Pekerman should be credited, too, for recognising the significance of the combination of artist and artisan at the heart of the midfield. For Argentina, Riquelme was the natural playmaker - and in his case, very much the fantasista - with Javier Mascherano the self-sacrificial 'water carrier' behind him.
Like his Italian counterpart Andrea Pirlo - whose excellence was such that Francesco Totti's slow start to the tournament did not impede progress to the semi-finals - Mascherano provided proof that passing and positioning, rather than a willingness to snap at heels, are the essentials of an anchor midfielder's job (indeed, Costinha apart, it is hard to think of holding midfielders who have been dismissed).
Deco will resume the pivotal role in the Portugal team against France, who boast the greatest flair player of his generation. Zinedine Zidane appears to have rediscovered his joie de vivre in the hole behind lone striker Thierry Henry. Against Spain and Brazil, everything has flown through Zidane, courtesy of his unselfish adjutants Patrick Vieira and Claude Makelele.
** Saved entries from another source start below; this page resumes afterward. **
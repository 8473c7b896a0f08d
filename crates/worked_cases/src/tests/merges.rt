//! The cases of one stream of one sender: its steps, fates, marks and counts.
use super::cases::{Case, STREAM};
use path_merge::{Stream, StreamClock};

const NUMBERS: [Case; 4] = [
    Case {
        shows: "sequence numbers wrap from 65535 to 0",
        stream: STREAM,
        open_at: 0,
        steps: "a 65535 0, b 0 6, tick 12, tick 18",
        fates: "2 Taken",
        marks: "got 131071 0, got 131072 6",
        counts: "2 arrived, 1 from_a, 1 from_b, 2 got",
    },
    Case {
        shows: "packets 2^25 numbers earlier, and 2^25 - 1 later, are off the grid, since 2^32 is no \
            multiple of 65,536 packets of 6",
        stream: STREAM,
        open_at: 0,
        steps: "a 1 0, a 1 4093640704, a 0 201326586",
        fates: "1 Taken, 2 OffGrid",
        marks: "",
        counts: "3 arrived, 1 from_a, 2 off_grid",
    },
    Case {
        shows: "timestamps off the grid, the first of them one cycle of sequence numbers earlier, \
            are refused",
        stream: STREAM,
        open_at: 0,
        steps: "a 1 0, a 1 4294574080, a 2 7, a 2 5, a 2 6",
        fates: "1 Taken, 3 OffGrid, 1 Taken",
        marks: "",
        counts: "5 arrived, 2 from_a, 3 off_grid",
    },
    Case {
        shows: "a stream of level C has 64 channels, and payloads of 1,152 octets",
        stream: Stream {
            channels: 64,
            ..STREAM
        },
        open_at: 0,
        steps: "a 1 0, tick 12",
        fates: "1 Taken",
        marks: "got 65537 0",
        counts: "1 arrived, 1 from_a, 1 got",
    },
];

/// Sequence numbers wrap from 65535 to 0, packets of other cycles are off the grid, and a stream may have 64 channels
/// (ST 2110-30, level C).
#[test]
fn numbers_wrap_and_other_cycles_are_off_the_grid(rt: HostRuntime) {
    for case in &NUMBERS {
        case.check(&rt, rt.alloc());
    }
}

const ORDER: [Case; 7] = [
    Case {
        shows: "a missing packet is lost, and then late",
        stream: STREAM,
        open_at: 0,
        steps: "a 65535 0, b 0 6, tick 12, tick 18, tick 24, a 1 12",
        fates: "2 Taken, 1 Late",
        marks: "got 131071 0, got 131072 6, lost 131073 12",
        counts: "3 arrived, 1 from_a, 1 from_b, 1 late, 2 got, 1 lost",
    },
    Case {
        shows: "nothing before the anchor is taken",
        stream: STREAM,
        open_at: 0,
        steps: "a 5 0, a 4 4294967290, tick 12",
        fates: "1 Taken, 1 Late",
        marks: "got 65541 0",
        counts: "2 arrived, 1 from_a, 1 late, 1 got",
    },
    Case {
        shows: "each due slot is given once",
        stream: STREAM,
        open_at: 0,
        steps: "a 1 0, tick 30, tick 30",
        fates: "1 Taken",
        marks: "got 65537 0, lost 65538 6, lost 65539 12, lost 65540 18",
        counts: "1 arrived, 1 from_a, 1 got, 3 lost",
    },
    Case {
        shows: "packets out of order are put in order",
        stream: STREAM,
        open_at: 0,
        steps: "a 1 0, a 4 18, b 2 6, a 3 12, tick 30",
        fates: "4 Taken",
        marks: "got 65537 0, got 65538 6, got 65539 12, got 65540 18",
        counts: "4 arrived, 3 from_a, 1 from_b, 4 got",
    },
    Case {
        shows: "a packet just before its deadline is taken",
        stream: STREAM,
        open_at: 0,
        steps: "a 65535 0, b 0 6, tick 12, tick 18, a 1 12, tick 24",
        fates: "3 Taken",
        marks: "got 131071 0, got 131072 6, got 131073 12",
        counts: "3 arrived, 2 from_a, 1 from_b, 3 got",
    },
    Case {
        shows: "the window ends at its width",
        stream: STREAM,
        open_at: 0,
        steps: "a 1 0, a 9 48, a 8 42",
        fates: "1 Taken, 1 Ahead, 1 Taken",
        marks: "",
        counts: "3 arrived, 2 from_a, 1 ahead",
    },
    Case {
        shows: "a first packet that is refused leaves the stream open to the next one",
        stream: STREAM,
        open_at: 100,
        steps: "a 9 88, a 9 136, a 3 90, tick 102",
        fates: "1 Late, 1 Ahead, 1 Taken",
        marks: "got 65539 90",
        counts: "3 arrived, 1 from_a, 1 late, 1 ahead, 1 got",
    },
];

/// Packets are missing, out of order, late, too early for the window or before the anchor. Each number that is due has
/// one slot, got or lost.
#[test]
fn slots_come_in_order_at_their_deadlines(rt: HostRuntime) {
    for case in &ORDER {
        case.check(&rt, rt.alloc());
    }
}

const COPIES: [Case; 5] = [
    Case {
        shows: "of three copies, of which the last differs in one octet, the first counts",
        stream: STREAM,
        open_at: 0,
        steps: "a 1 0, b 1 0, b 1 0 odd, tick 12",
        fates: "1 Taken, 1 Double, 1 Unlike",
        marks: "got 65537 0",
        counts: "3 arrived, 1 from_a, 1 double, 1 unlike, 1 got",
    },
    Case {
        shows: "a copy of a number that was handed on is late",
        stream: STREAM,
        open_at: 0,
        steps: "a 1 0, b 1 0, tick 12, b 1 0",
        fates: "1 Taken, 1 Double, 1 Late",
        marks: "got 65537 0",
        counts: "3 arrived, 1 from_a, 1 double, 1 late, 1 got",
    },
    Case {
        shows: "a third path counts as its own",
        stream: Stream { paths: 3, ..STREAM },
        open_at: 0,
        steps: "c 1 0, a 1 0, b 1 0, tick 12",
        fates: "1 Taken, 2 Double",
        marks: "got 65537 0",
        counts: "3 arrived, 1 from_c, 2 double, 1 got",
    },
    Case {
        shows: "a source that is not asked for is refused",
        stream: Stream {
            ssrc: Some(2),
            ..STREAM
        },
        open_at: 0,
        steps: "a 1 0, a 1 0 of 2",
        fates: "1 WrongSource, 1 Taken",
        marks: "",
        counts: "2 arrived, 1 from_a, 1 source",
    },
    Case {
        shows: "another source than the first packet's is refused",
        stream: STREAM,
        open_at: 0,
        steps: "a 1 0, a 2 6 of 2",
        fates: "1 Taken, 1 WrongSource",
        marks: "",
        counts: "2 arrived, 1 from_a, 1 source",
    },
];

/// Of copies on two and three paths the first is taken, and the others are named duplicates or late (SMPTE ST 2022-7).
/// Packets of another source are refused.
#[test]
fn the_first_copy_counts(rt: HostRuntime) {
    for case in &COPIES {
        case.check(&rt, rt.alloc());
    }
}

const CLOCKS: [Case; 2] = [
    Case {
        shows: "by the arrival clock the first packet has the media time of its arrival",
        stream: Stream {
            clock: StreamClock::Arrival,
            ..STREAM
        },
        open_at: 0,
        steps: "tick 1000, a 7 123456, a 8 123462, tick 1012, tick 1018",
        fates: "2 Taken",
        marks: "quiet 988, got 65543 1000, got 65544 1006",
        counts: "2 arrived, 2 from_a, 2 got",
    },
    Case {
        shows: "from the opening to the first slot each reading gives how far the stream is silent, \
            where that is new",
        stream: STREAM,
        open_at: 100,
        steps: "tick 100, tick 101, tick 101, a 1 96, tick 107, tick 108, tick 109, tick 114",
        fates: "1 Taken",
        marks: "quiet 89, quiet 95, got 65537 96, lost 65538 102",
        counts: "1 arrived, 1 from_a, 1 got, 1 lost",
    },
];

/// Clock readings before and between packets produce the times of silence and of slots, by the media clock and by the
/// arrival clock.
#[test]
fn silence_is_reported_and_the_arrival_clock_followed(rt: HostRuntime) {
    for case in &CLOCKS {
        case.check(&rt, rt.alloc());
    }
}

const CLOSES: [Case; 3] = [
    Case {
        shows: "a close gives what is held, and the end",
        stream: STREAM,
        open_at: 0,
        steps: "a 1 0, a 3 12, close, a 2 6",
        fates: "2 Taken, 1 Closed",
        marks: "got 65537 0, lost 65538 6, got 65539 12, end",
        counts: "2 arrived, 2 from_a, 2 got, 1 lost",
    },
    Case {
        shows: "an empty merge gives the end",
        stream: STREAM,
        open_at: 0,
        steps: "close, a 1 0",
        fates: "1 Closed",
        marks: "end",
        counts: "",
    },
    Case {
        shows: "with nothing held a close gives the end, once",
        stream: STREAM,
        open_at: 0,
        steps: "a 1 0, tick 18, close, close",
        fates: "1 Taken",
        marks: "got 65537 0, lost 65538 6, end",
        counts: "1 arrived, 1 from_a, 1 got, 1 lost",
    },
];

/// A close of a merge that is empty, that holds packets or that holds none produces the slots that are held and one
/// end,
/// and nothing after it.
#[test]
fn a_close_gives_what_is_held_and_the_end(rt: HostRuntime) {
    for case in &CLOSES {
        case.check(&rt, rt.alloc());
    }
}

// Tried by `check_calls` alone: `run_merge` returns no marks if a reading is out of order, and has no single `advance`.
const SINGLE_CALLS: [Case; 4] = [
    Case {
        shows: "four slots that are due at once come one per call, and then none",
        stream: STREAM,
        open_at: 0,
        steps: "a 1 0, advance 30, advance 30, advance 30, advance 30, advance 30",
        fates: "1 Taken",
        marks: "got 65537 0 at 12, lost 65538 6 at 18, lost 65539 12 at 24, lost 65540 18 at 30, \
            nothing at 30",
        counts: "1 arrived, 1 from_a, 1 got, 3 lost",
    },
    Case {
        shows: "a close at once gives the end alone, and no reading is taken after it",
        stream: STREAM,
        open_at: 0,
        steps: "close, advance 6",
        fates: "",
        marks: "end, Closed at 0",
        counts: "",
    },
    Case {
        shows: "readings are checked in order, and a refused one moves nothing",
        stream: STREAM,
        open_at: 0,
        steps: "advance 5, advance 5, advance 4, advance 1152921504606846977, advance 6, \
            advance 1152921504606846976, advance 1152921504606846976, close, \
            advance 1152921504606846976, advance 1152921504606846975, advance 1152921504606846977",
        fates: "",
        marks: "quiet -7 at 5, nothing at 5, WentBack at 5, TooFar at 5, quiet -6 at 6, \
            quiet 1152921504606846964 at 1152921504606846976, nothing at 1152921504606846976, end, \
            Closed at 1152921504606846976, WentBack at 1152921504606846976, \
            TooFar at 1152921504606846976",
        counts: "",
    },
    Case {
        shows: "a close amid the slots of one reading gives what is held, and moves no time",
        stream: STREAM,
        open_at: 0,
        steps: "a 1 0, b 3 12, advance 100, close, advance 100",
        fates: "2 Taken",
        marks: "got 65537 0 at 12, lost 65538 6, got 65539 12, end, Closed at 12",
        counts: "2 arrived, 1 from_a, 1 from_b, 2 got, 1 lost",
    },
];

/// Each call returns one mark, or the fault of a reading that goes back, is past 2^60 or follows a close. A close
/// between due slots produces those that are left.
#[test]
fn each_call_gives_one_mark_or_its_fault(rt: HostRuntime) {
    for case in &SINGLE_CALLS {
        case.check_calls(&rt, rt.alloc());
    }
}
The lines of demarcation are less strictly drawn in the German team, such is Michael Ballack's willingness to do the dirty work, but Zidane enjoys a truly free role; a chance to find and exploit positions of maximum opportunity for the French. For too long, however, Brazil failed to grant Ronaldinho the same licence, trying to shoehorn too many supposed superstars into one team and then shackling them with defensive duties, while the tiring Emerson failed to fulfil his brief as the supplier to the creator.
It has become a footballing cliché that 'players win matches'. So, at times, do managers and even systems. Fundamental to all three, however, is finding places where gifted footballers can exert an influence. In the 2006 World Cup, those two positions have been just in front of the back four and ahead of the rest of the midfield, but a fraction behind the forward line. Their occupants may meet with a regal nod of approval, for Franz Beckenbauer understood about finding and using space; he just did it in a different area of the pitch.